▶ _Work to be completed_
After reading the lines below, count those that contain "enum" and give the count alone.

▶ _Provided records_
ghost use Rattle.std.specs.Prelude.{◌≡◌, ◌≢◌, ◌⊎◌, true, false, IfNone, OnSome};
ghost use Rattle.serde_json.specs.View.{view, members_view};
ghost use Rattle.jm_fields.specs.Fields as spec;

use crate::misfit::Misfit;
use jm_base::Str;
use serde_json::{Map, Value};
use std::alloc::Global;
use std::fmt;

/// A field of a scenario, or of one of its calls.
#[derive(Clone, Copy, Debug, PartialEq, Eq)]
pub enum Field {
    /// The calls of the scenario, in order, with its forks and joins.
    Calls,
    /// How many rows a subscription that is not durable may hold.
    Held,
    /// Which call it is, or that it is a fork or a join.
    Operation,
    /// The number of the connection that is opened, started, stopped or closed.
    Connection,
    /// The client identifier of a connection that is opened.
    Client,
    /// The session of the call: the number of its connection, and its own.
    Session,
    /// The mode of a new session: how it acknowledges, or that it is transacted.
    Mode,
    /// The number of the consumer within its session.
    Consumer,
    /// The name of the queue that a consumer receives from, or that a message is sent to. A fault names it, too, where a
    /// call has both a queue and a topic, or neither.
    Queue,
    /// The name of the topic that a consumer listens to, or that a message is sent to.
    Topic,
    /// The name of a durable or shared subscription.
    Name,
    /// The text of the selector of a new consumer.
    Selector,
    /// Whether a new consumer gets nothing that its own connection publishes; of a durable subscription, nothing that
    /// connections with its client identifier publish.
    NoLocal,
    /// Whether the consumer listens from then on.
    Listening,
    /// The moment of a send, of a receive or of a take.
    Now,
    /// Whether what a listener is done with is settled, and not given back.
    Settled,
    /// JMSPriority, from 0 to 9.
    Priority,
    /// Whether the delivery mode is PERSISTENT.
    Persistent,
    /// The time to live in milliseconds, where 0 means that the message does not expire.
    TimeToLive,
    /// The delivery delay in milliseconds, for which the message is held back.
    DeliveryDelay,
    /// JMSCorrelationID.
    Correlation,
    /// JMSType.
    Type,
    /// The properties, each with its name, its type and its value.
    Properties,
    /// The text of a text body.
    Text,
    /// The bytes of a bytes body, in hexadecimal digits.
    Bytes,
}

/// The name of a field that a fault names.
#[derive(Debug, PartialEq, Drop)]
pub enum FieldName {
    Known(Field),
    /// A field that is not known where it stands.
    Unknown(Str),
}

/// What has fields: a scenario, or a call by its operation, or a fork or a join.
#[derive(Clone, Copy, Debug, PartialEq, Eq)]
pub enum Owner {
    Scenario,
    Open,
    Start,
    Stop,
    CloseConnection,
    Session,
    CloseSession,
    Acknowledge,
    Recover,
    Commit,
    Rollback,
    Consumer,
    Durable,
    Shared,
    SharedDurable,
    CloseConsumer,
    Missed,
    Unsubscribe,
    Listener,
    Send,
    Receive,
    Take,
    Done,
    ForkOrJoin,
}

impl Field {
    /// The name of the field as it is written in a scenario.
    pub fn name(self) -> &'static str
        ensures { result.now ≡ spec.field_name self }
    {
        match self {
            Field::Calls => "calls",
            Field::Held => "held",
            Field::Operation => "op",
            Field::Connection => "c",
            Field::Client => "client",
            Field::Session => "s",
            Field::Mode => "mode",
            Field::Consumer => "k",
            Field::Queue => "queue",
            Field::Topic => "topic",
            Field::Name => "name",
            Field::Selector => "selector",
            Field::NoLocal => "noLocal",
            Field::Listening => "on",
            Field::Now => "now",
            Field::Settled => "ok",
            Field::Priority => "priority",
            Field::Persistent => "persistent",
            Field::TimeToLive => "ttl",
            Field::DeliveryDelay => "delay",
            Field::Correlation => "correlation",
            Field::Type => "type",
            Field::Properties => "props",
            Field::Text => "text",
            Field::Bytes => "bytes",
        }
    }
}

impl fmt::Display for FieldName {
    ghost use Rattle.std.specs.Prelude.{Some};
    ghost use Rattle.jm_fields.specs.Fields.{told_name};

    ghost output = { λ name. Some (told_name name) };

    /// The name.
    fn fmt<W: fmt::Write>(&self, f: &mut fmt::Formatter<W>) -> fmt::Result {
        match self {
            FieldName::Known(field) => f.write_str(field.name()),
            FieldName::Unknown(name) => f.write_str(name.as_str()),
        }
    }
}

/// Whether a draft has a field of that name.
fn is_draft_field(name: &str) -> bool
    ensures { result ≡ spec.is_draft_field name.now }
{
    matches!(
        name,
        "priority" | "persistent" | "ttl" | "delay" | "correlation"
    ) || matches!(name, "type" | "props" | "text" | "bytes")
}

impl Owner {
    /// The call of that operation, or none where no call has that name.
    pub fn of_operation(name: &str) -> Option<Owner>
        ensures { result ≡ spec.operation_named name.now }
    {
        match name {
            "open" => Some(Owner::Open),
            "start" => Some(Owner::Start),
            "stop" => Some(Owner::Stop),
            "close-connection" => Some(Owner::CloseConnection),
            "session" => Some(Owner::Session),
            "close-session" => Some(Owner::CloseSession),
            "acknowledge" => Some(Owner::Acknowledge),
            "recover" => Some(Owner::Recover),
            "commit" => Some(Owner::Commit),
            "rollback" => Some(Owner::Rollback),
            "consumer" => Some(Owner::Consumer),
            "durable" => Some(Owner::Durable),
            "shared" => Some(Owner::Shared),
            "shared-durable" => Some(Owner::SharedDurable),
            "close-consumer" => Some(Owner::CloseConsumer),
            "missed" => Some(Owner::Missed),
            "unsubscribe" => Some(Owner::Unsubscribe),
            "listener" => Some(Owner::Listener),
            "send" => Some(Owner::Send),
            "receive" => Some(Owner::Receive),
            "take" => Some(Owner::Take),
            "done" => Some(Owner::Done),
            _ => None,
        }
    }

    /// Whether a call of that operation has its place where a fork is open, or where none is: where one is open, those have
    /// that have a session.
    pub fn is_in_place(self, is_forked: bool) -> bool
        ensures { result ≡ spec.is_operation_in_place is_forked self }
    {
        !is_forked || self.has(Field::Session.name())
    }

    /// Whether it has a field of that name.
    fn has(self, name: &str) -> bool
        ensures { result ≡ spec.has self name.now }
    {
        match self {
            Owner::Scenario => matches!(name, "calls" | "held"),
            Owner::Open => matches!(name, "op" | "c" | "client"),
            Owner::Start | Owner::Stop | Owner::CloseConnection => matches!(name, "op" | "c"),
            Owner::Session => matches!(name, "op" | "s" | "mode"),
            Owner::CloseSession
            | Owner::Acknowledge
            | Owner::Recover
            | Owner::Commit
            | Owner::Rollback => matches!(name, "op" | "s"),
            Owner::Consumer => {
                matches!(
                    name,
                    "op" | "s" | "k" | "queue" | "topic" | "selector" | "noLocal"
                )
            }
            Owner::Durable => {
                matches!(name, "op" | "s" | "k" | "queue")
                    || matches!(name, "topic" | "name" | "selector" | "noLocal")
            }
            Owner::Shared | Owner::SharedDurable => {
                matches!(name, "op" | "s" | "k" | "queue")
                    || matches!(name, "topic" | "name" | "selector")
            }
            Owner::CloseConsumer | Owner::Missed => matches!(name, "op" | "s" | "k"),
            Owner::Unsubscribe => matches!(name, "op" | "s" | "name"),
            Owner::Listener => matches!(name, "op" | "s" | "k" | "on"),
            Owner::Send => {
                matches!(name, "op" | "s" | "queue" | "topic" | "now") || is_draft_field(name)
            }
            Owner::Receive | Owner::Take => matches!(name, "op" | "s" | "k" | "now"),
            Owner::Done => matches!(name, "op" | "s" | "k" | "ok"),
            Owner::ForkOrJoin => matches!(name, "op"),
        }
    }
}

/// The first member, in the order of bytes, whose name its owner does not have.
fn unknown_member(members: &Map<String, Value>, owner: Owner) -> Option<&str>
    ensures none { IfNone result (spec.has_each owner (members_view members.now.entries) ≡ true) }
    ensures some { OnSome result (spec.has_each owner (members_view members.now.entries) ≡ false) }
{
    for (name, _) in members.iter() {
        if !owner.has(name.as_str()) {
            return Some(name.as_str());
        }
    }
    None
}

/// The first field of the object, in the order of bytes, that its owner does not have; or none.
pub fn unknown(object: &Value, owner: Owner) -> Option<&str>
    ensures none { IfNone result (spec.is_known owner (view object.now) ≡ true) }
    ensures some { OnSome result (spec.is_known owner (view object.now) ≡ false) }
{
    match object.as_object() {
        Some(members) => unknown_member(members, owner),
        None => None,
    }
}

/// The misfit of a field that is not known. `Memory` where its name cannot be kept.
pub fn not_known(alloc: Global, name: &str) -> Misfit
    ensures { (result ≡ Misfit.Memory) ⊎ (result ≡ Misfit.Unknown name.now) }
{
    match String::from_str(alloc, name) {
        Ok(name) => Misfit::Unknown(Str::new(name)),
        Err(_) => Misfit::Memory,
    }
}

▶ _Solved exercise_
3